> [Records supplied]
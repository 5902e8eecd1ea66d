//! A list of events, one after the other.

ghost use Rattle.std.specs.Prelude.{◌≤◌, pos, IfOk};
ghost use Rattle.mari_market.specs.Finding.{IsAttained};
ghost use Rattle.mari_market.specs.Market.{IsValid};
ghost use Rattle.mari_market.specs.Relaxation.{IsClosedWelfare};
ghost use Rattle.mari_core.specs.Machine.{started, KeepsFacts};
ghost use Rattle.mari_core.specs.Replay.{AreProper, IsReplayed};
ghost use Rattle.mari_market.specs.Clearing.{IsBudget};

use crate::event::{Event, ReplayFault, StepFault};
use crate::search::Search;
use mari_market::{Attained, Market};
use std::alloc::Global;

/// The search after a list of events, or the first of them that is refused, counted from 1. No event takes memory:
/// where it runs out, the search wasn't started, and the place is 0.
///
/// The conditions are those of `Search::start`, and of `Search::step` for each event up to the first that is refused.
pub fn replay<'m>(
    alloc: Global,
    market: &'m Market,
    actors: u32,
    first: Attained,
    budget: u32,
    events: Vec<Event>,
) -> Result<Search<'m>, ReplayFault>
    // What `Search::start` asks for, and what `Search::step` asks for at each event.
    requires market { IsValid market.now }
    requires actors { 1 ≤ actors }
    requires attained { IsAttained market.now first }
    requires closed { IsClosedWelfare market.now (pos first.welfare) }
    requires budget { IsBudget budget }
    requires events { AreProper (started market.now actors first budget) events.items }

    // The search after the events, or the first event that is refused.
    ensures replayed { IsReplayed (started market.now actors first budget) events.items result }
    ensures facts { IfOk result KeepsFacts }
{
    let mut search = match Search::start(alloc, market, actors, first, budget) {
        Ok(search) => search,
        Err(_) => return Err(ReplayFault {
            place: 0,
            fault: StepFault::Memory,
        }),
    };
    let mut place = 0;
    for event in events {
        place += 1;
        if let Err(fault) = search.step(event) {
            return Err(ReplayFault { place, fault });
        }
    }
    Ok(search)
}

> [Exercise requirements] Reproduce each line of the material above precisely.

> [Solution for this problem]
repository 5902e8eecd1ea66d
//! A list of events, one after the other.

ghost use Rattle.std.specs.Prelude.{◌≤◌, pos, IfOk};
ghost use Rattle.mari_market.specs.Finding.{IsAttained};
ghost use Rattle.mari_market.specs.Market.{IsValid};
ghost use Rattle.mari_market.specs.Relaxation.{IsClosedWelfare};
ghost use Rattle.mari_core.specs.Machine.{started, KeepsFacts};
ghost use Rattle.mari_core.specs.Replay.{AreProper, IsReplayed};
ghost use Rattle.mari_market.specs.Clearing.{IsBudget};

use crate::event::{Event, ReplayFault, StepFault};
use crate::search::Search;
use mari_market::{Attained, Market};
use std::alloc::Global;

/// The search after a list of events, or the first of them that is refused, counted from 1. No event takes memory:
/// where it runs out, the search wasn't started, and the place is 0.
///
/// The conditions are those of `Search::start`, and of `Search::step` for each event up to the first that is refused.
pub fn replay<'m>(
    alloc: Global,
    market: &'m Market,
    actors: u32,
    first: Attained,
    budget: u32,
    events: Vec<Event>,
) -> Result<Search<'m>, ReplayFault>
    // What `Search::start` asks for, and what `Search::step` asks for at each event.
    requires market { IsValid market.now }
    requires actors { 1 ≤ actors }
    requires attained { IsAttained market.now first }
    requires closed { IsClosedWelfare market.now (pos first.welfare) }
    requires budget { IsBudget budget }
    requires events { AreProper (started market.now actors first budget) events.items }

    // The search after the events, or the first event that is refused.
    ensures replayed { IsReplayed (started market.now actors first budget) events.items result }
    ensures facts { IfOk result KeepsFacts }
{
    let mut search = match Search::start(alloc, market, actors, first, budget) {
        Ok(search) => search,
        Err(_) => return Err(ReplayFault {
            place: 0,
            fault: StepFault::Memory,
        }),
    };
    let mut place = 0;
    for event in events {
        place += 1;
        if let Err(fault) = search.step(event) {
            return Err(ReplayFault { place, fault });
        }
    }
    Ok(search)
}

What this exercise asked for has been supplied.